**Task goal:** Your response should contain every line from the data below that holds the string "functions".
--- Material for this exercise Enclosed Below ---
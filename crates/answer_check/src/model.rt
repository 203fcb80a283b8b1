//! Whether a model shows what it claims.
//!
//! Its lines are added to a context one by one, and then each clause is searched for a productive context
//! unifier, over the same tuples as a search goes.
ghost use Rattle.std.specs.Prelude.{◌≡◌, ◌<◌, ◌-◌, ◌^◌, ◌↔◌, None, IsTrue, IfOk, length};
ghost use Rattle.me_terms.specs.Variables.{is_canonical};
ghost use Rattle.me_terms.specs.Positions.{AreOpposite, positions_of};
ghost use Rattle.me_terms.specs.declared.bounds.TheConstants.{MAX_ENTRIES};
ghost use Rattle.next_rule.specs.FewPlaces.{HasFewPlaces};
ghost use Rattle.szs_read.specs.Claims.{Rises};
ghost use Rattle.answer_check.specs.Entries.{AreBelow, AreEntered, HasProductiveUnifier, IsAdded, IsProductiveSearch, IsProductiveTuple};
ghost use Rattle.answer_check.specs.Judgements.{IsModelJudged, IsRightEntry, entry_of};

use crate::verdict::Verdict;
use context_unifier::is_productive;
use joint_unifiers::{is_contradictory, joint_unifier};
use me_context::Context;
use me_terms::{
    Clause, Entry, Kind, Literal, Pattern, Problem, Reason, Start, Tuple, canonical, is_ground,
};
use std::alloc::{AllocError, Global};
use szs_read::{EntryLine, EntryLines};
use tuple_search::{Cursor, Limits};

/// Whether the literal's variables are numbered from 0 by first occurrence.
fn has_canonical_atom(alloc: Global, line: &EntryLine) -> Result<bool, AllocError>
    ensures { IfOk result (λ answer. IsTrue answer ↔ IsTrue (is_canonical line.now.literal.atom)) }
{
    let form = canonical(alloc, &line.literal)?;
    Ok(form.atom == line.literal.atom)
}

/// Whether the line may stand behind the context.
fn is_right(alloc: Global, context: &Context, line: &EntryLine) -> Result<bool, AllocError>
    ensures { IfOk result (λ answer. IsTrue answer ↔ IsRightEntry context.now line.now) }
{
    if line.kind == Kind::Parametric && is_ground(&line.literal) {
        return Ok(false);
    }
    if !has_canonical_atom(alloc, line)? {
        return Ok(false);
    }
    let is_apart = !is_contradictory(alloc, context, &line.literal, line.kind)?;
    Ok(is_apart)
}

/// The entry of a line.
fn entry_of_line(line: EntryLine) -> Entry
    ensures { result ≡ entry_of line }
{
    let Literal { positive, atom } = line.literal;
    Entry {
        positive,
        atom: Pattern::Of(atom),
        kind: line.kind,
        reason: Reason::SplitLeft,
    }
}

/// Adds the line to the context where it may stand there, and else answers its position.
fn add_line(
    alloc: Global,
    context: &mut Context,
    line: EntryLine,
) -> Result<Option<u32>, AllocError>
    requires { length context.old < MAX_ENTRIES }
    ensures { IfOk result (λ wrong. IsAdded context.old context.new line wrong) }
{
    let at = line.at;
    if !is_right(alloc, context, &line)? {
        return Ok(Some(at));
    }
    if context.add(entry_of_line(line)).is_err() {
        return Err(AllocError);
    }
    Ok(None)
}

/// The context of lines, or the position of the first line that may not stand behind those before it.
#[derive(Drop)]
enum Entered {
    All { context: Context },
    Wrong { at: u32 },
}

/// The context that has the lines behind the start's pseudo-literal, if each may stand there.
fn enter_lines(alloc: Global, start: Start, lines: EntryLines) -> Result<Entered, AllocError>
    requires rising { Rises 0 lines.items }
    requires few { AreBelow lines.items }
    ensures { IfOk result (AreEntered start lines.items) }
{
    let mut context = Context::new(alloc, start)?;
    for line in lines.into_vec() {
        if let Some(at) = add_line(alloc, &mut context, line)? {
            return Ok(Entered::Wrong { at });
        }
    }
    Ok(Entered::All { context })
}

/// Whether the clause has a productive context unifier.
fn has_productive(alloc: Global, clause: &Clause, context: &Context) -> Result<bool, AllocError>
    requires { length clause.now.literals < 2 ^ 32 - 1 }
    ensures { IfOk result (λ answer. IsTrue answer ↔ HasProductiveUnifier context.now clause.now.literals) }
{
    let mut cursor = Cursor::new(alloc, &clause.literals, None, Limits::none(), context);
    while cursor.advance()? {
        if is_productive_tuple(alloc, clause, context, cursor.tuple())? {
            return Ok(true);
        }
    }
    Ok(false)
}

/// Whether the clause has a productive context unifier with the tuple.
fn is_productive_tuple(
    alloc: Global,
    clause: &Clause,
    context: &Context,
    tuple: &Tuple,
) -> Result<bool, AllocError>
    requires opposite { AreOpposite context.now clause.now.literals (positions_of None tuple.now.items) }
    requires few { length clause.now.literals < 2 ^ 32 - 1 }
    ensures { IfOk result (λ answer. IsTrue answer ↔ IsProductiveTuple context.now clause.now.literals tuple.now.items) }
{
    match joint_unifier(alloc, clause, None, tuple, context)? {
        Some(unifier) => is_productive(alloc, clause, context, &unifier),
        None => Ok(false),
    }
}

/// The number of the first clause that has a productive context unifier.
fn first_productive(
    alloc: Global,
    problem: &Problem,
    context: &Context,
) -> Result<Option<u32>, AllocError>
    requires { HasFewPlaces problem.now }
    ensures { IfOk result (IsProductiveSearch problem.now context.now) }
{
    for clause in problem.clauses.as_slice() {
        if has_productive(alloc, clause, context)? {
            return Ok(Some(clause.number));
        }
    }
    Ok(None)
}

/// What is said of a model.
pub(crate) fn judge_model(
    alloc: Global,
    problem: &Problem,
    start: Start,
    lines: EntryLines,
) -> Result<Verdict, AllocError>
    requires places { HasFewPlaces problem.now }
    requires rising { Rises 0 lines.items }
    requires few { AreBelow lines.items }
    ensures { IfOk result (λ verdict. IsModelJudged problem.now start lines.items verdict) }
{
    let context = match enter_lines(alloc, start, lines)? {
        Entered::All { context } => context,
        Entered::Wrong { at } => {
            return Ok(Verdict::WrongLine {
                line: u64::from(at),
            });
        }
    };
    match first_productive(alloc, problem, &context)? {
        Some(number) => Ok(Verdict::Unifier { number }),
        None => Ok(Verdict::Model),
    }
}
--- End of Enclosed Material for this exercise ---
--- Material for this exercise Enclosed Below ---
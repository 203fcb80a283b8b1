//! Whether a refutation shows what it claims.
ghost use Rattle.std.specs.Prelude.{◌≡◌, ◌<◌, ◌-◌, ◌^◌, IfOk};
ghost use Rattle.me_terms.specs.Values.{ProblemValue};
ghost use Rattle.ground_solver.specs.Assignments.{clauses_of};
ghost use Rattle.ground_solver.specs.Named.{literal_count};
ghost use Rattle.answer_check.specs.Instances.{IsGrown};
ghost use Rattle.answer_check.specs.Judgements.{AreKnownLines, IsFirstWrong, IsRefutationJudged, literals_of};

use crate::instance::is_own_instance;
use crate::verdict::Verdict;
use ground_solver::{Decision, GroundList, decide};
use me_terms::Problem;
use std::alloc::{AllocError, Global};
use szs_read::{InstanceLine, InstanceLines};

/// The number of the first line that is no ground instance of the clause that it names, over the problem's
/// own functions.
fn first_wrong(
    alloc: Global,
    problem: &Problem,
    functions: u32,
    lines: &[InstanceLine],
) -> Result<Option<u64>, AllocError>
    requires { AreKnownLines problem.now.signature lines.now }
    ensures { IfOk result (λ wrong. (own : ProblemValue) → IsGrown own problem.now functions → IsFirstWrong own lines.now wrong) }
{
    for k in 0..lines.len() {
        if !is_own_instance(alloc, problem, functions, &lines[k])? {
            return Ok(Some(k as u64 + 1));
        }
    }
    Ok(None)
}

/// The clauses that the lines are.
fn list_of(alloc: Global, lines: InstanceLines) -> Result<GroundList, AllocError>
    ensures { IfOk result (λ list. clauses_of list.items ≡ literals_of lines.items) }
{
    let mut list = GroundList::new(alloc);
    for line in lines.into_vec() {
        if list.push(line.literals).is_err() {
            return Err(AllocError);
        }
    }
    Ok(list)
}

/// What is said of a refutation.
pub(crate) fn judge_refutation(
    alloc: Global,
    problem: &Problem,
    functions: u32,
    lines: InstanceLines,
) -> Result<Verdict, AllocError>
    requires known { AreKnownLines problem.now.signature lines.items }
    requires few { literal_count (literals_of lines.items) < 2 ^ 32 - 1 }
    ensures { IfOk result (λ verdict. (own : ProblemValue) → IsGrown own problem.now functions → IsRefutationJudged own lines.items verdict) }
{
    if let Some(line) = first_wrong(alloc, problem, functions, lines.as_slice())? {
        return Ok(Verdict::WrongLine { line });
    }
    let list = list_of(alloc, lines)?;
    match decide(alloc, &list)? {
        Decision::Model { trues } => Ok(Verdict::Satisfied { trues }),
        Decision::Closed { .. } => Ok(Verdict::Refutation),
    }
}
--- End of Enclosed Material for this exercise ---
--- Material for this exercise Enclosed Below ---
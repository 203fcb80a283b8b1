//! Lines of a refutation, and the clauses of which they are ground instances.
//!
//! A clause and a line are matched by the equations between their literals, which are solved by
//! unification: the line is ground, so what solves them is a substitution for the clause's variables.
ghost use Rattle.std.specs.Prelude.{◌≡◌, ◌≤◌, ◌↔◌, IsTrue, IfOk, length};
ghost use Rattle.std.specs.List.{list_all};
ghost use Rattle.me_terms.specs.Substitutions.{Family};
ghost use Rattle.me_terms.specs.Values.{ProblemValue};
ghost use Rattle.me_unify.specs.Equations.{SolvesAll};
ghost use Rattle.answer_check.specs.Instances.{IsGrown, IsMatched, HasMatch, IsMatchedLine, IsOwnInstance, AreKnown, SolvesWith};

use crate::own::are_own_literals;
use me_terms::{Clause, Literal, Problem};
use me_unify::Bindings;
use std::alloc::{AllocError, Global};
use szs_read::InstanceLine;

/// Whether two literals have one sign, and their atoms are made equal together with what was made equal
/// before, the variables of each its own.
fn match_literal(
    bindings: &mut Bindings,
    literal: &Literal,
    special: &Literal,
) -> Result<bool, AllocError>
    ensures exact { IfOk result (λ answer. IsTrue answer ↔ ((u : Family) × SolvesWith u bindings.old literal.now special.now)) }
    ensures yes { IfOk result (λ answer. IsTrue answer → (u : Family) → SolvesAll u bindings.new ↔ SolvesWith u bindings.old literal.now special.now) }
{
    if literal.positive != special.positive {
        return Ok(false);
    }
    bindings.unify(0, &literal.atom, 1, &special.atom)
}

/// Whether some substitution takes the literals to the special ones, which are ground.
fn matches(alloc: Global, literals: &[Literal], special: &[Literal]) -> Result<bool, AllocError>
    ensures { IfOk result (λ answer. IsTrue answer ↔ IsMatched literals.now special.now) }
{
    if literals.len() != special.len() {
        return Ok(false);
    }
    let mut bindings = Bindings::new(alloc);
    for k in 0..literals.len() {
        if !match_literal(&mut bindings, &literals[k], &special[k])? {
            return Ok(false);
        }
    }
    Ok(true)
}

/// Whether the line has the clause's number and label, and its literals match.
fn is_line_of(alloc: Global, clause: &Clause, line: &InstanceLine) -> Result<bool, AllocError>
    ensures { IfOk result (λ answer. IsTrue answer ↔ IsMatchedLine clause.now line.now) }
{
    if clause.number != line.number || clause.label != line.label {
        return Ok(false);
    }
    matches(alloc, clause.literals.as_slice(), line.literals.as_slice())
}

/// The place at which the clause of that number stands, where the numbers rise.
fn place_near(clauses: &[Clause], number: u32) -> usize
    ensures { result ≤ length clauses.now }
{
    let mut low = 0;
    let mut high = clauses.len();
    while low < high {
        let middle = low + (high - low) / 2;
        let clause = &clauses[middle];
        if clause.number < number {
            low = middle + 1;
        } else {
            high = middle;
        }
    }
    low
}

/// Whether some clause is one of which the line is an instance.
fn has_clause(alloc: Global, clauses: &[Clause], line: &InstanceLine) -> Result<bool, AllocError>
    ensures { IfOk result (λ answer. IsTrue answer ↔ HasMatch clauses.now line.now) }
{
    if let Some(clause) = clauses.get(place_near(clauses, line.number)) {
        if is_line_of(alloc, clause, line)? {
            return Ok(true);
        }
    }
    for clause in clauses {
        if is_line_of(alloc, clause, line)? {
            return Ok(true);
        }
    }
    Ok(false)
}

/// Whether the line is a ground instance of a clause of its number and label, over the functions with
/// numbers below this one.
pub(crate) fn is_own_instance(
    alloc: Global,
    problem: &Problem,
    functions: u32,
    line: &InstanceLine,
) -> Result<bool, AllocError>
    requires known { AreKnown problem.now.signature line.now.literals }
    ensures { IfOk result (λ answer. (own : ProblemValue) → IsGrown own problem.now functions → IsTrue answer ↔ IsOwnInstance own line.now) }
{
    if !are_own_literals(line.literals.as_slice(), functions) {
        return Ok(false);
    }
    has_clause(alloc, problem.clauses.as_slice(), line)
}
--- End of Enclosed Material for this exercise ---
**Answer section:**
/// own functions.
    functions: u32,
    ensures { IfOk result (λ wrong. (own : ProblemValue) → IsGrown own problem.now functions → IsFirstWrong own lines.now wrong) }
        if !is_own_instance(alloc, problem, functions, &lines[k])? {
    functions: u32,
    ensures { IfOk result (λ verdict. (own : ProblemValue) → IsGrown own problem.now functions → IsRefutationJudged own lines.items verdict) }
    if let Some(line) = first_wrong(alloc, problem, functions, lines.as_slice())? {
/// Whether the line is a ground instance of a clause of its number and label, over the functions with
    functions: u32,
    ensures { IfOk result (λ answer. (own : ProblemValue) → IsGrown own problem.now functions → IsTrue answer ↔ IsOwnInstance own line.now) }
    if !are_own_literals(line.literals.as_slice(), functions) {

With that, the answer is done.